■ Work required: From the data below, return all lines holding the string "applied".

■ Records to use:

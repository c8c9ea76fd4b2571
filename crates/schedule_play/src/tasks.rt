//! Tasks: what a shorthand has still to do.
ghost use Rattle.std.specs.Prelude.{◌≡◌, ◌≤◌, ◌++◌, length, reverse, option_copied, option_to_list, OnOk, IfOk};
ghost use Rattle.cluster_history.specs.Held.{has_done};
ghost use Rattle.cluster_history.specs.Legal.{IsLegalRun, history_of};
ghost use Rattle.cluster_history.specs.Openings.{HasHost, HasLane};
ghost use Rattle.cluster_machine.specs.Step.{most_entries};
ghost use Rattle.schedule_play.specs.Fits.{AreFit, IsFitTask, IsFitNext, IsNextOf};
ghost use Rattle.schedule_play.specs.Tasks.{ask_at, asked_by, asked_in, behind, follow_of, is_behind, newest, target_of, turn, written_back};

use base_ids::{HostId, Items, LaneId, MsgRef, NoMemory, OpId, Session, TableId};
use cell_merge::Cell;
use cluster_history::{Event, Message, Operation, Output};
use cluster_machine::Machine;
use host_ties::law_host_pulls;
use quorum_ops::{Follow, follow_up};
use stage_graph::Level;
use token_ring::Token;

/// A target of a request that was begun.
#[derive(Clone, Copy, Debug)]
pub(crate) struct Target {
    /// The lane.
    pub(crate) lane: LaneId,
    /// The number of the entry that began the request.
    pub(crate) begun: u64,
    /// Which target it is, from 0.
    pub(crate) place: u32,
}

/// What a host pulls from another.
#[derive(Clone, Copy, Debug)]
pub(crate) struct Streaming {
    /// The host that pulls.
    pub(crate) host: HostId,
    /// The host that serves.
    pub(crate) from: HostId,
    /// The session.
    pub(crate) session: Session,
}

/// A read whose cell is to be written back.
#[derive(Clone, Copy, Debug)]
pub(crate) struct RepairedRead {
    /// The lane that read.
    pub(crate) lane: LaneId,
    /// The table that was read.
    pub(crate) table: TableId,
    /// The token that was read.
    pub(crate) token: Token,
}

/// What a shorthand has still to do.
#[derive(Debug, Drop)]
pub(crate) enum Task {
    /// This event.
    Play(Event),
    /// A host applies until it has applied the whole log.
    CatchUp(HostId),
    /// A host answers the newest message.
    AnswerNewest(HostId),
    /// A host cleans for the newest message.
    CleanNewest(HostId),
    /// A coordinator hears the newest message.
    HearNewest(HostId),
    /// Each target from this one on serves its ask, and the lane takes the answer, until the request is decided.
    ServeTarget(Target),
    /// The lane takes the newest message, and the targets behind this one follow.
    TakeAnswer(Target),
    /// Where the newest entry's reply is that of a read which found a cell, the lane begins to write it back, and the
    /// targets of that write follow.
    WriteBack(RepairedRead),
    /// A host pulls chunk by chunk until its pull is done.
    PullOn(Streaming),
    /// The other host serves the newest message, and the pull goes on.
    ServeChunk(Streaming),
    /// The host takes the chunk that is the newest message, and the pull goes on.
    TakeNewestChunk(Streaming),
}

/// Tasks one after the other.
pub(crate) type TaskList = Items<Task>;

/// The message that the newest entry sent first.
fn newest(machine: &Machine) -> MsgRef
    ensures { result ≡ newest machine.now }
{
    MsgRef {
        event: machine.journal().entries.as_slice().len() as u64,
        out: 0,
    }
}

/// Whether a host has not applied the whole log.
fn is_behind(machine: &Machine, host: HostId) -> bool
    requires { HasHost machine.now.opening host }
    ensures { result ≡ is_behind machine.now host }
{
    machine.host(host).applied() < machine.log().len()
}

/// Whether a host has pulled all of a session.
fn has_done(machine: &Machine, host: HostId, session: Session) -> bool
    requires { HasHost machine.now.opening host }
    ensures { result ≡ has_done machine.now.opening (history_of machine.now) host session }
{
    law_host_pulls();
    machine.host(host).has_done(session)
}

/// The number of the request that a message asks for, and the host that it asks.
fn asked_in(message: &Message) -> Option<(OpId, HostId)>
    ensures { result ≡ asked_in message.now }
{
    match message {
        Message::Write(ask) => Some((ask.op, ask.to.host)),
        Message::Read(ask) => Some((ask.op, ask.to.host)),
        Message::Answer(_)
        | Message::ChunkAsk(_)
        | Message::Chunk(_)
        | Message::Ask(_)
        | Message::Fact(_)
        | Message::NotMine { .. } => None,
    }
}

/// The same of an output, if there is one.
fn asked_by(output: Option<&Output>) -> Option<(OpId, HostId)>
    ensures { result ≡ asked_by (option_copied output.entry) }
{
    match output {
        Some(Output::Sent(message)) => asked_in(message),
        Some(Output::Reply { .. }) | Some(Output::Pulled { .. }) | Some(Output::Proposed(_)) =>
            None,
        None => None,
    }
}

/// The next event of a pull, as long as it is not done.
fn pull_turn(machine: &Machine, pull: Streaming) -> Option<(Event, Option<Task>)>
    requires { HasHost machine.now.opening pull.host }
    ensures { result ≡ turn machine.now (Task.PullOn pull) }
{
    let Streaming { host, session, .. } = pull;
    if has_done(machine, host, session) {
        None
    } else {
        Some((Event::Pull { host, session }, Some(Task::ServeChunk(pull))))
    }
}

/// The ask of a target.
fn ask_at(target: Target) -> MsgRef
    ensures { result ≡ ask_at target }
{
    MsgRef {
        event: target.begun,
        out: target.place,
    }
}

/// The target behind this one.
fn behind(target: Target) -> Target
    requires { target.place ≤ most_entries }
    ensures { result ≡ behind target }
{
    Target {
        lane: target.lane,
        begun: target.begun,
        place: target.place + 1,
    }
}

/// The host of a target, where there is such a target and the request is not decided.
fn target_of(machine: &Machine, target: Target) -> Option<HostId>
    requires { HasLane machine.now.opening target.lane }
    ensures { result ≡ target_of machine.now target }
{
    let (op, host) = asked_by(machine.output_at(ask_at(target)))?;
    if machine.is_live(target.lane, op) {
        Some(host)
    } else {
        None
    }
}

/// What follows an output of a read: nothing where it is no reply.
fn follow_of(output: Option<&Output>) -> Follow
    ensures { result ≡ follow_of (option_copied output.entry) }
{
    match output {
        Some(Output::Reply { reply, .. }) => follow_up(reply),
        Some(Output::Sent(_)) | Some(Output::Pulled { .. }) | Some(Output::Proposed(_)) => {
            Follow::Ended
        }
        None => Follow::Ended,
    }
}

/// The write of the cell that a read found.
fn written_back(read: RepairedRead, cell: &Cell) -> Operation
    ensures { result ≡ written_back read cell.now }
{
    Operation::Write {
        table: read.table,
        token: read.token,
        cell: *cell,
        level: Level::Quorum,
    }
}

/// The begin of the write that repairs a read, with its targets behind it, where the read found a cell.
fn write_back_turn(machine: &Machine, read: RepairedRead) -> Option<(Event, Option<Task>)>
    requires { HasLane machine.now.opening read.lane }
    ensures { result ≡ turn machine.now (Task.WriteBack read) }
{
    match follow_of(machine.output_at(newest(machine))) {
        Follow::WriteBack(ref cell) => {
            let lane = read.lane;
            let operation = written_back(read, cell);
            let version = machine.version(lane.host);
            let begun = machine.journal().entries.as_slice().len() as u64 + 1;
            Some((
                Event::Begin {
                    lane,
                    operation,
                    version,
                },
                Some(Task::ServeTarget(Target {
                    lane,
                    begun,
                    place: 0,
                })),
            ))
        }
        Follow::Answered | Follow::Ended => None,
    }
}

/// The next event of a task, and what is then left of the task; `None` where nothing is left of it.
fn turn(machine: &Machine, first: Task) -> Option<(Event, Option<Task>)>
    requires fit { IsFitTask machine.now.opening (length machine.now.entries) first }
    requires within { length machine.now.entries ≤ most_entries }
    ensures turn { result ≡ turn machine.now first }
    ensures legal { IsLegalRun machine.now }
{
    let at = newest(machine);
    let _journal = machine.journal();
    match first {
        Task::Play(event) => Some((event, None)),
        Task::CatchUp(host) => {
            if is_behind(machine, host) {
                Some((Event::Apply { host }, Some(Task::CatchUp(host))))
            } else {
                None
            }
        }
        Task::AnswerNewest(host) => Some((Event::Answer { host, at }, None)),
        Task::CleanNewest(host) => Some((Event::Clean { host, at }, None)),
        Task::HearNewest(topo) => Some((Event::Hear { topo, at }, None)),
        Task::ServeTarget(target) => {
            let host = target_of(machine, target)?;
            let at = ask_at(target);
            Some((Event::Serve { host, at }, Some(Task::TakeAnswer(target))))
        }
        Task::TakeAnswer(target) => {
            let lane = target.lane;
            Some((
                Event::Take { lane, at },
                Some(Task::ServeTarget(behind(target))),
            ))
        }
        Task::WriteBack(read) => write_back_turn(machine, read),
        Task::PullOn(pull) => pull_turn(machine, pull),
        Task::ServeChunk(pull) => {
            let host = pull.from;
            Some((Event::Serve { host, at }, Some(Task::TakeNewestChunk(pull))))
        }
        Task::TakeNewestChunk(pull) => {
            let host = pull.host;
            Some((Event::TakeChunk { host, at }, Some(Task::PullOn(pull))))
        }
    }
}

/// Puts what is left of a task back.
fn put_back(left: &mut TaskList, later: Option<Task>) -> Result<(), NoMemory>
    ensures { OnOk result (left.new ≡ left.old ++ option_to_list later) }
{
    match later {
        Some(later) => left.push(later),
        None => Ok(()),
    }
}

/// The next event of tasks, whose next one stands at the end; `None` where nothing is left of them.
pub(crate) fn next(machine: &Machine, left: &mut TaskList) -> Result<Option<Event>, NoMemory>
    requires fit { AreFit machine.now.opening (length machine.now.entries) (reverse left.old) }
    requires within { length machine.now.entries ≤ most_entries }
    ensures next { IfOk result (λ event. IsNextOf machine.now (reverse left.old) event (reverse left.new)) }
    ensures fit { IfOk result (λ event. IsFitNext machine.now event (reverse left.new)) }
{
    while let Some(first) = left.pop() {
        match turn(machine, first) {
            Some((event, later)) => {
                put_back(left, later)?;
                return Ok(Some(event));
            }
            None => {}
        }
    }
    Ok(None)
}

■ Task response:
    /// A host applies until it has applied the whole log.
/// Whether a host has not applied the whole log.
    machine.host(host).applied() < machine.log().len()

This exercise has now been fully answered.